In OneStream, shared business rules can be written in either VB.NET or C#, giving developers the freedom to choose based on preference or project requirements. However, item-specific business rules—those tied to a specific dimension, transformation, or form—must still be authored in VB.NET. That said, OneStream is steadily moving toward a C#-first model. Starting with version 7.1, support for C# business rules became more robust, and in the most recent platform updates—especially version 8.0 and beyond—C# has become the default in many marketplace solutions. Notably, several Financial Close extensions, such as Account Reconciliations and Transaction Matching, now require C# for any customization or rule development, reflecting this shift.

The platform’s migration from .NET Framework to .NET 6 in version 8.x is another development. This transition improves performance and scalability but also introduces some changes that can impact coding practices. Legacy VB.NET rules may experience compilation issues due to outdated syntax or incompatible references, prompting many teams to restructure their codebases in line with the updated .NET framework.

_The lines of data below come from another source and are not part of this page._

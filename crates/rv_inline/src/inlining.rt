// Calls of leaves, put in line.

ghost use Rattle.std.specs.Prelude.{◌≡◌, ◌≤◌, ◌<◌, ◌+◌, ◌++◌, ℕ, List, [], ◌∷◌, IfOk, IfSome, OnOk, length, map, option_map};
ghost use Rattle.rv_isa.specs.AsmCode.{Line, line_of, lines_of, asm_functions, asm_constants};
ghost use Rattle.rv_isa.specs.Costs.{code_length, functions_length};
ghost use Rattle.rv_isa.specs.ValueBounds.{AreValuesBelow, IsWrittenBelow, IsLineBelow, AreLinesBelow};
ghost use Rattle.rv_isa.specs.WellFormed.{most_values};
ghost use Rattle.rv_inline.specs.InLine.{named, named_line, in_line, most_fresh, AreInLine, IsInLine, HasInLine};
ghost use Rattle.rv_inline.specs.Growth.{most_growth, IsCallOf, Becomes};

use crate::counting::count_of_values;
use crate::leaf::{Leaf, leaf_of};
use kk_base::NoMemory;
use rv_isa::{Action, Asm, AsmFunction, Operation, Statement};
use std::alloc::Global;

/// The most instructions that a program's code grows by.
pub const MOST_GROWTH: usize = 4096;

/// The most instructions of a line that computes, with its moves.
const MOST_LINE: usize = 7;

/// The most values of a function in which calls stand in line: a frame has room for those of a leaf too.
const MOST_BASE: usize = 1014;

/// Adds a line.
fn push_line(
    alloc: Global,
    code: &mut Vec<Statement>,
    action: Action,
    args: &[u32],
    into: Option<u32>,
) -> Result<(), NoMemory>
    ensures { OnOk result (map line_of code.new.items
        ≡ map line_of code.old.items ++ (record { action = action; args = args.now; into = into } ∷ [])) }
{
    let args = Vec::from_slice(alloc, args)?;
    code.push(Statement { action, args, into })?;
    Ok(())
}

/// The value of the caller that stands for a value of a leaf.
#[tactic(auto, using(crate::proofs::NamedValues::named_argument, crate::proofs::NamedValues::named_fresh))]
fn named(base: usize, args: &[u32], value: u32) -> u32
    requires fits { base + most_fresh ≤ most_values }
    requires small { value < length args.now + most_fresh }
    ensures { result ≡ named base args.now value }
{
    let index = value as usize;
    if index < args.len() {
        args[index]
    } else {
        (base + (index - args.len())) as u32
    }
}

fn all_named(alloc: Global, base: usize, args: &[u32], values: &[u32]) -> Result<Vec<u32>, NoMemory>
    requires fits { base + most_fresh ≤ most_values }
    requires small { AreValuesBelow (length args.now + most_fresh) values.now }
    ensures { IfOk result (λ new. new.items ≡ map (named base args.now) values.now) }
{
    let mut new = Vec::new(alloc);
    for value in values {
        new.push(named(base, args, *value))?;
    }
    Ok(new)
}

fn written_named(base: usize, args: &[u32], into: Option<u32>) -> Option<u32>
    requires fits { base + most_fresh ≤ most_values }
    requires small { IsWrittenBelow (length args.now + most_fresh) into }
    ensures { result ≡ option_map (named base args.now) into }
{
    match into {
        Some(value) => Some(named(base, args, value)),
        None => None,
    }
}

fn line_named(
    alloc: Global,
    base: usize,
    args: &[u32],
    statement: &Statement,
) -> Result<Statement, NoMemory>
    requires fits { base + most_fresh ≤ most_values }
    requires small { IsLineBelow (length args.now + most_fresh) (line_of statement.now) }
    ensures { IfOk result (λ new. line_of new ≡ named_line base args.now (line_of statement.now)) }
{
    Ok(Statement {
        action: statement.action,
        args: all_named(alloc, base, args, &statement.args)?,
        into: written_named(base, args, statement.into),
    })
}

fn add_named(
    alloc: Global,
    code: &mut Vec<Statement>,
    base: usize,
    args: &[u32],
    body: &[Statement],
) -> Result<(), NoMemory>
    requires fits { base + most_fresh ≤ most_values }
    requires small { AreLinesBelow (length args.now + most_fresh) (map line_of body.now) }
    ensures { OnOk result (map line_of code.new.items
        ≡ map line_of code.old.items ++ map (named_line base args.now) (map line_of body.now)) }
{
    for statement in body {
        code.push(line_named(alloc, base, args, statement)?)?;
    }
    Ok(())
}

/// Adds the lines in place of a call.
fn add_in_line(
    alloc: Global,
    code: &mut Vec<Statement>,
    base: usize,
    args: &[u32],
    leaf: &Leaf<'_>,
    into: u32,
) -> Result<(), NoMemory>
    requires fits { base + most_fresh ≤ most_values }
    requires small { AreLinesBelow (length args.now + most_fresh) (map line_of leaf.now.body.now) }
    requires value { leaf.now.value < length args.now + most_fresh }
    ensures { OnOk result (map line_of code.new.items
        ≡ map line_of code.old.items ++ in_line base args.now (map line_of leaf.now.body.now) leaf.now.value into []) }
{
    push_line(alloc, code, Action::Room, &[], None)?;
    add_named(alloc, code, base, args, leaf.body)?;
    let value = named(base, args, leaf.value);
    let copy = Action::Compute(Operation::Mv);
    push_line(alloc, code, copy, &[value], Some(into))
}

/// A leaf that is called, and where its result goes.
#[derive(Clone, Copy, Drop)]
struct Called<'a> {
    leaf: Leaf<'a>,
    into: u32,
}

/// The leaf that a line calls, with an argument for each parameter, if it does.
fn called_leaf<'a>(functions: &'a [AsmFunction], statement: &Statement) -> Option<Called<'a>>
    ensures { IfSome result (λ called. IsCallOf (map lines_of functions.now) (line_of statement.now)
        (map line_of called.leaf.body.now) called.leaf.value called.into) }
{
    let Action::Call(function) = statement.action else {
        return None;
    };
    let into = statement.into?;
    let callee = functions.get(function as usize)?;
    if statement.args.len() != callee.params.len() {
        return None;
    }
    let leaf = leaf_of(callee)?;
    Some(Called { leaf, into })
}

/// Adds what a line becomes, where the code may grow by so much, and gives how much it may grow behind it.
fn add_line(
    alloc: Global,
    code: &mut Vec<Statement>,
    functions: &[AsmFunction],
    base: usize,
    growth: usize,
    statement: &Statement,
) -> Result<usize, NoMemory>
    ensures { IfOk result (λ left. (lines : List Line)
        × ((map line_of code.new.items ≡ map line_of code.old.items ++ lines)
        × Becomes (map lines_of functions.now) base (line_of statement.now) growth lines left)) }
{
    if base <= MOST_BASE {
        if let Some(called) = called_leaf(functions, statement) {
            let cost = MOST_LINE * called.leaf.body.len();
            if cost <= growth {
                add_in_line(
                    alloc,
                    code,
                    base,
                    &statement.args,
                    &called.leaf,
                    called.into,
                )?;
                return Ok(growth - cost);
            }
        }
    }
    push_line(
        alloc,
        code,
        statement.action,
        &statement.args,
        statement.into,
    )?;
    Ok(growth)
}

/// Code, and how much the code behind it may grow.
#[derive(Drop)]
struct GrownCode {
    code: Vec<Statement>,
    growth: usize,
}

/// A function, and how much the code behind it may grow.
#[derive(Drop)]
struct GrownFunction {
    function: AsmFunction,
    growth: usize,
}

/// The code of a function with so many values, with calls of leaves in line.
fn code_in_line(
    alloc: Global,
    functions: &[AsmFunction],
    base: usize,
    growth: usize,
    code: &[Statement],
) -> Result<GrownCode, NoMemory>
    ensures code { IfOk result (λ grown. AreInLine (map lines_of functions.now) base (map line_of code.now)
        (map line_of grown.code.items)) }
    ensures short { IfOk result (λ grown. code_length (map line_of grown.code.items) + grown.growth
        ≤ code_length (map line_of code.now) + growth) }
{
    let mut new = Vec::new(alloc);
    let mut left = growth;
    for statement in code {
        left = add_line(alloc, &mut new, functions, base, left, statement)?;
    }
    Ok(GrownCode {
        code: new,
        growth: left,
    })
}

fn function_in_line(
    alloc: Global,
    functions: &[AsmFunction],
    growth: usize,
    function: &AsmFunction,
) -> Result<GrownFunction, NoMemory>
    ensures function { IfOk result (λ grown. (base : ℕ) × IsInLine (map lines_of functions.now) base (lines_of function.now)
        (lines_of grown.function)) }
    ensures short { IfOk result (λ grown. functions_length (lines_of grown.function ∷ []) + grown.growth
        ≤ functions_length (lines_of function.now ∷ []) + growth) }
{
    let base = count_of_values(function);
    let params = Vec::from_slice(alloc, &function.params)?;
    let code = code_in_line(alloc, functions, base, growth, &function.code)?;
    let function = AsmFunction {
        params,
        code: code.code,
    };
    Ok(GrownFunction {
        function,
        growth: code.growth,
    })
}

fn functions_in_line(alloc: Global, functions: &[AsmFunction]) -> Result<Vec<AsmFunction>, NoMemory>
    ensures functions { IfOk result (λ new. HasInLine (map lines_of functions.now) (map lines_of new.items)) }
    ensures short { IfOk result (λ new. functions_length (map lines_of new.items)
        ≤ functions_length (map lines_of functions.now) + most_growth) }
{
    let mut new = Vec::new(alloc);
    let mut growth = MOST_GROWTH;
    for function in functions {
        let grown = function_in_line(alloc, functions, growth, function)?;
        growth = grown.growth;
        new.push(grown.function)?;
    }
    Ok(new)
}

/// The program with calls of leaves in line: as many of them as the bound on growth and the numbers of values leave room for. The others
/// stay calls. Its code is at most `MOST_GROWTH` instructions longer.
pub fn in_line(alloc: Global, asm: Asm) -> Result<Asm, NoMemory>
    ensures functions { IfOk result (λ new. HasInLine (asm_functions asm) (asm_functions new)) }
    ensures short { IfOk result (λ new. functions_length (asm_functions new) ≤ functions_length (asm_functions asm) + most_growth) }
    ensures constants { IfOk result (λ new. asm_constants new ≡ asm_constants asm) }
{
    let Asm {
        functions,
        constants,
    } = asm;
    let functions = functions_in_line(alloc, &functions)?;
    Ok(Asm {
        functions,
        constants,
    })
}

The developer community generally views VB.NET as a language with limiting features, while C# is considered the modern standard for .NET development. This sentiment is being adopted by OneStream. For current and future projects, developers and administrators are encouraged to adopt C# for better alignment with OneStream’s roadmap and Microsoft’s broader .NET ecosystem. Still, VB.NET remains relevant for certain rule types and legacy applications, so understanding both remains crucial.

In summary, while VB.NET maintains a presence within OneStream C# is increasingly the preferred and sometimes required language—especially in new marketplace solutions and in platform versions 8.0 and above. With the move to .NET 8, developers should prepare to refactor older rules and adopt C# where possible to ensure compatibility, performance, and long-term maintainability.